– То-то и оно, что не знаешь. Сидишь тут как сыч. К нам не приходишь.
– Занята я очень.
Старуха захохотала.
– Во дает! Занята! Книжки, небось, читаешь. Умничаешь сама с собой.
– Книжки читаю, но что касается умничанья…
– Да замолчи ты! Людей ты не видишь в упор, а это плохо.
– Почему? Вижу.
– Издали?
Елена Олеговна начала сердиться.
– Я не понимаю… Вам-то что?
– Не поверишь! Жалко тебя.
– Вы себя жалейте.
– Себя-то жалеем, а тебя вот некому. Одна и одна.
– Я не одна! Со мной природа.

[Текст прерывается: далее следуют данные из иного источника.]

//! Texts of a package that its code pages can't hold: none is written, since it would read back as another.

use msipkg_format::Shown;
use msipkg_packages::msi::{
    CodePage, Error, Package, Rows, SummaryInfo, SummaryProperty, Table, ValueView,
};
use msipkg_packages::output::{Cause, Failure, Opened, StoredProperty};
use msipkg_packages::{cell_text, property_text, rows_of};
use std::alloc::{AllocError, Global};

/// Returns why no bytes were made of a package: the first text that wouldn't read back, with its place, if that is why.
pub(crate) fn refusal(alloc: Global, package: &Package<Opened>, error: Error) -> Failure {
    if package.is_writable() {
        return Failure::from(error);
    }
    match lost_text(alloc, package) {
        Ok(Some(failure)) => failure,
        Ok(None) => Failure::from(error),
        Err(failure) => failure,
    }
}

fn lost_text(alloc: Global, package: &Package<Opened>) -> Result<Option<Failure>, Failure> {
    for table in package.tables() {
        let lost = lost_in_table(alloc, package, table)?;
        if lost.is_some() {
            return Ok(lost);
        }
    }
    lost_in_summary(alloc, package.summary_info())
}

/// Returns the failure of the first text of a table that wouldn't read back, or none if the table can't be read.
fn lost_in_table(
    alloc: Global,
    package: &Package<Opened>,
    table: &Table,
) -> Result<Option<Failure>, Failure> {
    let page = package.database_codepage();
    let Ok(mut rows) = rows_of(alloc, package, table.name()) else {
        return Ok(None);
    };
    for _ in 0..rows.len() {
        if let Some((place, c)) = lost_in_row(page, &rows) {
            let cell = cell_text(alloc, table.name(), &rows, place)?;
            return Ok(Some(lacking(alloc, page, c)?.at(alloc, "table", cell.as_str())));
        }
        rows.advance();
    }
    Ok(None)
}

/// Returns the place of the first column of the next row whose text has a character that the page lacks, and that
/// character.
fn lost_in_row(page: CodePage, rows: &Rows<'_>) -> Option<(usize, char)> {
    for place in 0..rows.columns().len() {
        if let Some(ValueView::Str(text)) = rows.get(place)
            && let Some(c) = lost_character(page, text)
        {
            return Some((place, c));
        }
    }
    None
}

fn lost_character(page: CodePage, text: &str) -> Option<char> {
    for c in text.chars() {
        let mut bytes = [0u8; 4];
        if !page.reads_back(c.encode_utf8(&mut bytes)) {
            return Some(c);
        }
    }
    None
}

fn lost_in_summary(alloc: Global, summary: &SummaryInfo) -> Result<Option<Failure>, Failure> {
    let page = summary.codepage();
    for property in SummaryProperty::all() {
        if let Some(property) = StoredProperty::of(property)
            && let Some(text) = property_text(alloc, summary, property)?
            && let Some(c) = lost_character(page, text.as_str())
        {
            let failure = lacking(alloc, page, c)?;
            return Ok(Some(failure.at(alloc, "summary property", property.name())));
        }
    }
    Ok(None)
}

fn lacking(alloc: Global, page: CodePage, c: char) -> Result<Failure, AllocError> {
    let mut bytes = [0u8; 4];
    let (id, c) = (page.id(), Shown::escaped(c.encode_utf8(&mut bytes)));
    let text = format!(in alloc; "page {id} has no {c}; --recode writes the package in UTF-8")?;
    Ok(Failure::new(Cause::Shown(text)))
}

Со мной, в конце концов, Бог.
– Да ты что?! А где он у тебя?
– Везде.
Старуха, ухмыляясь, огляделась вокруг:
– Где везде? Не вижу. Рухлядь всякую вижу. Печку нерабочую вижу… Где же везде?
– Везде – это, значит, везде. В лесу, в поле, на озере, в небе…
– И ты его видишь?
– Нет.
– М-м-м…
– Но я с ним разговариваю.
– И о чём?
– Обо всём.
– Опять двадцать пять! «Обо всем»… И о тухлых яйцах?!
– Прекратите! Нельзя так говорить! Зачем вам все это?
– Считаешь, что я твои разговоры с Богом не пойму?
– Слушайте! Давайте всё-таки чай пить.
– Не хочу я твоего чаю! А ты мне лучше скажи вот что… Человек Богом создан?
– Да. И по образу Его.
– Почему же тогда человек все время зло творит?
– Вы о конкретном человеке говорите или вообще?
– Какая тебе разница?
– Существенная. Если вы говорите вообще о человеке, то это философия, а если о конкретном человеке, то это жизнь.
– Я о себе говорю, а поэтому говори просто. Не мудри и не умничай.
– Постараюсь. Видите ли… Человек слаб. Любой. А дьявол силен… Это внутренняя борьба…
– Не п. ди! – оборвала Елену Олеговну старуха и, повернувшись, решительным шагом вышла из дома, не сказав хозяйке «до свидания».
Елена Олеговна постояла в недоумении у двери, в которую только что вышла гостья, затем быстро вернулась к столу, присела на табуретку и, придвинув недописанное письмо, решительно «дописала»: «А вы сидите там на своём телевидении и не п. дите!»
* * *
Вот и состоялось знакомство Елены Олеговны со старухами. Причём, с одной из самых одиозных фигур старушечьего сообщества.
Елена Олеговна вынуждена была признать, что эти старухи стали серьезно обращать на себя её внимание. Теперь она часто подходила к кухонному окошку, приоткрывала его и подолгу слушала их разговоры, и почти перестала писать… Если честно, то старухи тут не причём… Еще ее муж говорил: «Ты, Ленка, очень талантливая, но ленивая, и тоже – очень». Когда он об этом сказал! Сколько лет прошло! Но сказанное им не устарело и сегодня. А условия-то здесь для «писательства» идеальные…
* * *
Наступил вечер. Ну, не совсем еще вечер, а солнце пошло к закату… Глянула Елена Олеговна в кухонное окошко. Сидят.
«А может написать об этих «ничейных» старухах? Кто о них ещё напишет, кроме меня? Вот они. Пиши!»
Уже много лет писала Елена Олеговна книгу о словах, но (простите за употребление «бородатой» идиомы) «воз и ныне там». Где там-то?! «Где, где? На бороде! Вот где».
Посидела Елена Олеговна, посмотрела на чистый лист бумаги, и, взяв ручку, написала крупными буквами: «Ничьё старичьё», а в скобках (пониже) – «Старухи».
Она любила книгу Бориса Васильева «Вы чьё, старичьё?» В названии его книги – вопрос: «чьё старичьё?» «А в названии моей книги будет утверждение, что… ничьё. Вот как у меня будет!»
Елена Олеговна задумалась о правомерности своего ответа на вопрос Бориса Васильева, творчество которого очень уважала. В конце концов, она решила, что есть же запасной вариант названия – «Старухи». Это ее удовлетворило.
Знала она о своих героинях пока что очень мало. Сидят на скамеечке у озера. Разговаривают. И что? И ничего. А надо знать о каждой из них всё. До мельчайших подробностей. А что для этого нужно? Жить с ними одной жизнью. А то она, действительно, как сыч… И тут Елена Олеговна призналась себе, что быть «сычом» ей нравится! И намного больше, чем жить с кем-то одной жизнью!